Western US

Snapshots from the sky: Denver to Los Angeles

Sometimes I think I should have been a pilot.

I’m not actually sure the realities of that job would be the best fit for me – and I love my actual job – but I know for sure that I’d never get sick of gazing down at our beautiful planet from the air.

I’m forever a window seat person. I’m that passenger who spends the entire flight with their face pressed against the glass (I mean, not actually pressed against it because, gross) staring out at the scenery. I put a lot of thought into choosing my seat, looking at the likely flight path and aiming for whichever side of the plane will offer the best views. At this point, I pretty much have it down to an art form. Or maybe I’m just a dork.

Anyway. I flew to Los Angeles for spring break this year, and it was the first time I’ve flown west out of Denver since we moved here. And wow, have I been missing out! The Colorado mountains are always beautiful, but looking down on jagged snowcapped peaks from the air gave a whole new meaning to the word.

In fact, the entire route was almost completely cloudless, so I spent the whole flight using the live flight-tracker and my knowledge of the Western US to identify (and take way too many photos of) the highlights.

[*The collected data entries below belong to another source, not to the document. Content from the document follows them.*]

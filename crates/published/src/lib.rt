//! The published state: the standing of the steps that are shown, in two copies, which sessions ask with no
//! lock while the next steps are published.
#![tactic(auto)]

mod book;
mod copy;
mod hand;
mod law;
mod made;
mod post;
mod publication;
mod publisher;
mod receipt;
mod remembered;
mod rule;
mod session;

pub use book::{Book, Naming, Opened, StepPrefix};
pub use law::revisions_rise;
pub use made::{Copied, MadeIndexes};
pub use publication::{MAX_SESSIONS, Publication};
pub use receipt::{Receipt, ShownSteps};
pub use session::Session;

I learned that the layered red rock landscape of southern Utah looks even more bizarre from the air, the Grand Canyon is enormous (I mean, I knew that. I’ve been there. But seeing it from the air really emphasized just how huge it is), and Lake Powell and Lake Mead really are frighteningly low. Also, there’s a lot of desert in southern Nevada and California.

I was hoping to have equally wonderful views from the other side of the plane on my flight back to Denver, but a 2+ hour weather-related delay resulted in a nighttime flight, the only views being the occasional burst of city lights and a whole lot of darkness. Better luck next time, I suppose.

This was actually my first ever visit to Los Angeles, and I’ll be writing all about it in upcoming posts. But for today, I’m just going to share some of my favorite airborne photos. They’re not the best quality since they were taken through the window (obviously) but hopefully they still do a decent job of showcasing the beautiful views I enjoyed from the air.

Leaving Denver
Above the Continental Divide, Colorado
Canyonlands National Park, Utah (center left)
Colorado River and Glen Canyon National Rec Area, Utah
Vermillion Cliffs National Monument, Arizona
Grand Canyon (if you squint through the shadows, you can see the Colorado River at the bottom of the canyon)
Lake Mead, Nevada
Mojave National Preserve, California
San Gabriel Mountains, California

45 thoughts on “Snapshots from the sky: Denver to Los Angeles”

  1. You are SO lucky to have clear skies your whole trip. That rarely happens, at least for me. My husband is an airline pilot, and he heartily approves of your love of aviation and taking photos from the plane. Half my FB feed is photos of local mountains that he’s taken. Mountains and flying go well together indeed! As for being a pro pilot? It’s a tough job that requires you to be away for long periods at a time. If you like living out of a hotel… However, this is a pilot shortage right now so it’s a great career that pays well. Pluses and minuses, like every job.

    Liked by 1 person

    1. Oh wow, I’m sure he has thousands of photos. I have a friend who is a charter pilot and he takes so many amazing photos. But he does say living out of a hotel sometimes gets old.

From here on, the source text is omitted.